Below is some data. Retype exactly the lines starting at the one with "text.old ++ out_line" and ending at the one with "a red part.".

GIVEN ENTRIES
============================================================

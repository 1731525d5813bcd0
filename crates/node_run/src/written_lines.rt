//! The lines that `node` writes.

ghost use Rattle.std.specs.Prelude.{◌≡◌, ◌<◌, ◌++◌, None, OnOk, OnErr, length};
ghost use Rattle.std.specs.List.{flat_map};
ghost use Rattle.std.specs.String.{string_bytes};
ghost use Rattle.ltp_session.specs.Engine.{SubmitFault};
ghost use Rattle.ltp_engine.specs.Refused.{refusal_of};
ghost use Rattle.replay_script.specs.Lines.{line_text};
ghost use Rattle.replay_script.specs.NoteLines.{note_line};
ghost use Rattle.node_run.specs.WrittenLines.{out_line, up_line, green_line, effects_text, block_line, refusal_line};

use endpoint::Octets;
use ltp_engine::{Effects, Greens, Notes, SubmitRefused, Up, Ups};
use ltp_segment::{Green, Note, Outs};
use replay_script::{Line, LineFault, details_of, push_line, push_note};
use std::alloc::{AllocError, Global};

/// Writes what an engine did: what is sent, red parts, pieces of green parts, and notes.
#[tactic(auto, unfolding(crate::specs::WrittenLines::effects_text))]
pub fn write_effects(alloc: Global, text: &mut String, effects: Effects) -> Result<(), AllocError>
    ensures written { OnOk result (string_bytes text.new ≡ string_bytes text.old ++ effects_text effects) }
    // Memory is wanted only where there is something to write.
    ensures memory { OnErr result (0 < length (effects_text effects)) }
{
    let Effects {
        out,
        ups,
        greens,
        notes,
    } = effects;
    write_outs(alloc, text, out)?;
    write_ups(alloc, text, ups)?;
    write_greens(alloc, text, greens)?;
    write_notes(alloc, text, notes)
}

/// Writes the datagrams that are to be sent.
fn write_outs(alloc: Global, text: &mut String, out: Outs) -> Result<(), AllocError>
    ensures written { OnOk result (string_bytes text.new ≡ string_bytes text.old ++ flat_map out_line out) }
    ensures memory { OnErr result (0 < length (flat_map out_line out)) }
{
    'each: for datagram in out.into_vec() {
        write_out(alloc, text, datagram)?;
    }
    Ok(())
}

/// Writes a datagram that is to be sent.
#[tactic(auto, unfolding(replay_script::specs::Lines::line_text))]
fn write_out(alloc: Global, text: &mut String, datagram: Octets) -> Result<(), AllocError>
    ensures { OnOk result (string_bytes text.new ≡ string_bytes text.old ++ out_line datagram) }
{
    push_line(alloc, &Line::Out { datagram }, text)
}

/// Writes the red parts that are handed up.
fn write_ups(alloc: Global, text: &mut String, ups: Ups) -> Result<(), AllocError>
    ensures written { OnOk result (string_bytes text.new ≡ string_bytes text.old ++ flat_map up_line ups) }
    ensures memory { OnErr result (0 < length (flat_map up_line ups)) }
{
    'each: for up in ups.into_vec() {
        write_up(alloc, text, up)?;
    }
    Ok(())
}

/// Writes a red part.
#[tactic(auto, unfolding(replay_script::specs::Lines::line_text))]
fn write_up(alloc: Global, text: &mut String, up: Up) -> Result<(), AllocError>
    ensures { OnOk result (string_bytes text.new ≡ string_bytes text.old ++ up_line up) }
{
    let Up { session, body } = up;
    let line = Line::Up {
        site: None,
        session,
        body,
    };
    push_line(alloc, &line, text)
}

/// Writes the pieces of green parts that are handed up.
fn write_greens(alloc: Global, text: &mut String, greens: Greens) -> Result<(), AllocError>
    ensures written { OnOk result (string_bytes text.new ≡ string_bytes text.old ++ flat_map green_line greens) }
    ensures memory { OnErr result (0 < length (flat_map green_line greens)) }
{
    'each: for green in greens.into_vec() {
        write_green(alloc, text, green)?;
    }
    Ok(())
}

/// Writes a piece of a green part.
#[tactic(auto, unfolding(replay_script::specs::Lines::line_text))]
fn write_green(alloc: Global, text: &mut String, green: Green) -> Result<(), AllocError>
    ensures { OnOk result (string_bytes text.new ≡ string_bytes text.old ++ green_line green) }
{
    let Green {
        session,
        offset,
        last,
        body,
    } = green;
    let line = Line::Green {
        session,
        offset,
        last,
        body,
    };
    push_line(alloc, &line, text)
}

/// Writes notes.
fn write_notes(alloc: Global, text: &mut String, notes: Notes) -> Result<(), AllocError>
    ensures written { OnOk result (string_bytes text.new ≡ string_bytes text.old ++ flat_map (note_line None) notes) }
    ensures memory { OnErr result (0 < length (flat_map (note_line None) notes)) }
{
    'each: for note in notes.as_slice() {
        write_note(alloc, text, *note)?;
    }
    Ok(())
}

/// Writes a note.
fn write_note(alloc: Global, text: &mut String, note: Note) -> Result<(), AllocError>
    ensures { OnOk result (string_bytes text.new ≡ string_bytes text.old ++ note_line None note) }
{
    push_note(alloc, text, None, note.name(), details_of(note))
}

/// Writes that a block isn't sent.
#[tactic(auto, unfolding(replay_script::specs::Lines::line_text))]
pub fn write_block(
    alloc: Global,
    text: &mut String,
    refused: SubmitRefused,
) -> Result<(), AllocError>
    ensures { (fault : SubmitFault) → refused ≡ refusal_of fault
        → OnOk result (string_bytes text.new ≡ string_bytes text.old ++ block_line fault) }
{
    let line = Line::RefusedSend {
        site: None,
        cause: refused.word(),
    };
    push_line(alloc, &line, text)
}

/// Writes that line `number` is refused.
#[tactic(auto, unfolding(replay_script::specs::Lines::line_text))]
pub fn write_refusal(
    alloc: Global,
    text: &mut String,
    number: u64,
    fault: LineFault,
) -> Result<(), AllocError>
    ensures { OnOk result (string_bytes text.new ≡ string_bytes text.old ++ refusal_line number fault) }
{
    let line = Line::RefusedLine {
        line: number,
        at: None,
        cause: fault.word(),
    };
    push_line(alloc, &line, text)
}
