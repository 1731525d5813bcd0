//! Why no number stands at the front of a text.

ghost use Rattle.std.specs.Prelude.{◌≡◌};
ghost use Rattle.sdnv.specs.Word.{word_of};

use thiserror::Error;

/// Why no number stands at the front of a text. No two of these are true of one text.
#[derive(Clone, Copy, Debug, PartialEq, Eq, Error)]
pub enum SdnvFault {
    /// Fewer than ten octets are there, and none of them ends a number.
    #[error("Short")]
    Short,
    /// None of the first ten octets ends a number.
    #[error("TooLong")]
    TooLong,
    /// A number ends within ten octets, and it is 2^64 or more.
    #[error("TooLarge")]
    TooLarge,
}

impl SdnvFault {
    /// The fault's name.
    pub fn word(&self) -> &'static str
        ensures { result.now ≡ word_of self.now }
    {
        match self {
            SdnvFault::Short => "Short",
            SdnvFault::TooLong => "TooLong",
            SdnvFault::TooLarge => "TooLarge",
        }
    }
}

============================================================

RESPONSE AREA
    ensures { OnOk result (string_bytes text.new ≡ string_bytes text.old ++ out_line datagram) }
{
    push_line(alloc, &Line::Out { datagram }, text)
}

/// Writes the red parts that are handed up.
fn write_ups(alloc: Global, text: &mut String, ups: Ups) -> Result<(), AllocError>
    ensures written { OnOk result (string_bytes text.new ≡ string_bytes text.old ++ flat_map up_line ups) }
    ensures memory { OnErr result (0 < length (flat_map up_line ups)) }
{
    'each: for up in ups.into_vec() {
        write_up(alloc, text, up)?;
    }
    Ok(())
}

/// Writes a red part.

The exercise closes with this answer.